秋の夜長。夫が誰かが外で喧嘩してるというので、どれどれ高みの見物とでもいきましょうかね、と普段はとてつもなく重い腰をこのときばかりは軽々と上げてベランダに行き、下の通りを見渡してみるとそこには人っ子一人いないのであった。

 

誰もいないのであるが、女性の甲高い叫び声が夜空に響き渡っていた。

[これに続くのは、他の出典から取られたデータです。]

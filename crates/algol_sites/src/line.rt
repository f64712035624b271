//! The phrases of a format, and the line that they make.

ghost use Rattle.std.specs.Prelude.{◌≡◌, ◌-◌, ◌^◌, ◌<◌, min, if◌then◌else◌, Some, None};
ghost use Rattle.algol_tree.specs.Accepted.{noted_all};
ghost use Rattle.algol_tree.specs.Spelling.{is_digit};
ghost use Rattle.algol_tree.specs.Phrases as rules;
ghost use Rattle.algol_tree.specs.declared.tree.PhraseText.TheVariants as texts;
ghost use Rattle.algol_sites.specs.Lining.{columns_seen, is_none_seen, items_seen, items_in, lettered, noted_line, line_number_in, phrase_seen};

use algol_rules::Faults;
use algol_tree::{Code, MOST_LINE_WIDTH, PhraseText, Spot};

/// A phrase of a format, with its columns, at most the greatest number.
#[derive(Clone, Copy)]
enum Phrase {
    Text(usize),
    Blanks(usize),
    Item(usize),
    NoPhrase,
}

fn digit_of(byte: u8) -> Option<usize>
    ensures { result ≡ (if is_digit byte then Some (byte - 48) else None) }
{
    if b'0' <= byte && byte <= b'9' {
        Some((byte - b'0') as usize)
    } else {
        None
    }
}

/// The number of decimal digits, at most the greatest number; none where one is no digit, or there are none.
fn number_of(digits: &[u8]) -> Option<usize>
    ensures { result ≡ line_number_in digits.now }
{
    let mut number: usize = 0;
    'digits: for byte in digits {
        match digit_of(*byte) {
            None => return None,
            Some(digit) => number = number.saturating_mul(10).saturating_add(digit),
        }
    }
    if digits.is_empty() {
        None
    } else {
        Some(number)
    }
}

/// Iw and Xw, where w is at least 1.
fn letter_phrase(letter: u8, width: usize) -> Phrase
    ensures { result ≡ lettered letter width }
{
    match (letter, width) {
        (_, 0) => Phrase::NoPhrase,
        (b'I', width) => Phrase::Item(width),
        (b'X', width) => Phrase::Blanks(width),
        _ => Phrase::NoPhrase,
    }
}

#[tactic(auto, using(crate::proofs::Lines::lines))]
fn word_phrase(word: &[u8]) -> Phrase
    ensures { result ≡ phrase_seen (rules.phrase_of (texts.Word word.now)) }
{
    match word.split_first() {
        None => Phrase::NoPhrase,
        Some((letter, digits)) => match number_of(digits) {
            None => Phrase::NoPhrase,
            Some(width) => letter_phrase(*letter, width),
        },
    }
}

fn phrase_of(text: &PhraseText) -> Phrase
    ensures { result ≡ phrase_seen (rules.phrase_of text.now) }
{
    match text {
        PhraseText::Text(text) => Phrase::Text(text.bytes().len()),
        PhraseText::Word(word) => word_phrase(word.bytes()),
    }
}

impl Phrase {
    fn columns(self) -> usize
        ensures { result ≡ columns_seen self }
    {
        match self {
            Phrase::Text(width) => width,
            Phrase::Blanks(width) => width,
            Phrase::Item(width) => width,
            Phrase::NoPhrase => 0,
        }
    }

    /// How many items it prints.
    fn items(self) -> usize
        ensures { result ≡ items_seen self }
    {
        match self {
            Phrase::Item(_) => 1,
            _ => 0,
        }
    }

    fn is_none(self) -> bool
        ensures { result ≡ is_none_seen self }
    {
        matches!(self, Phrase::NoPhrase)
    }
}

/// Notes where a phrase is none, or the items are not as many as the phrases that print one; and where the line is too wide.
pub fn check_line(spot: Spot, phrases: &[PhraseText], items: usize, faults: &mut Faults)
    ensures { faults.new.first ≡ noted_line faults.old.first phrases.now items spot }
{
    let mut is_bad = false;
    let mut count: usize = 0;
    let mut columns: usize = 0;
    'phrases: for text in phrases {
        let phrase = phrase_of(text);
        is_bad |= phrase.is_none();
        count = count.saturating_add(phrase.items());
        columns = columns.saturating_add(phrase.columns());
    }
    if is_bad || count != items {
        faults.note(spot, Code::WriteList);
    }
    if columns > MOST_LINE_WIDTH as usize {
        faults.note(spot, Code::LineTooWide);
    }
}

人さまの喧嘩を盗み聞きするのはいけないこと、というのは分かってはいるが、興味が勝ってしまうし、そもそもその通りに住んでいる人ならきっと誰でも聞こえてしまうような声量であるので聞こうとしなくても聞こえてくるのでこれはもうちゃんと聞くしかないでしょう。

 

叫んでいた内容を要約すると、その女性の家族の誰か、もしくは全員が「ちゃんとやってくれない」「なんでいつも私ばっかりが」「〇〇してって言ってるの」ということらしく、最終的に「もうこの話はしたくない」で締めくくられた。

 

この女性の何が潔いかって、近所に住む数百世帯が窓を開けているだろうこの時期に思いっきり叫び声をあげたことも一つだが、何よりも「もうこの話はしたくない」で本当に怒鳴り散らすことを終了させたことである。私であれば、「もうこの話はしたくない」と言った後も5年くらい前の話まで持ち出してあと2時間くらいは執拗に叫び続けていただろう。

 

それにしてもこの女性、あんな甲高い声であれだけ叫んでいたからおそらく今日は声が出ないに違いない。それくらい鬼気迫るものであった。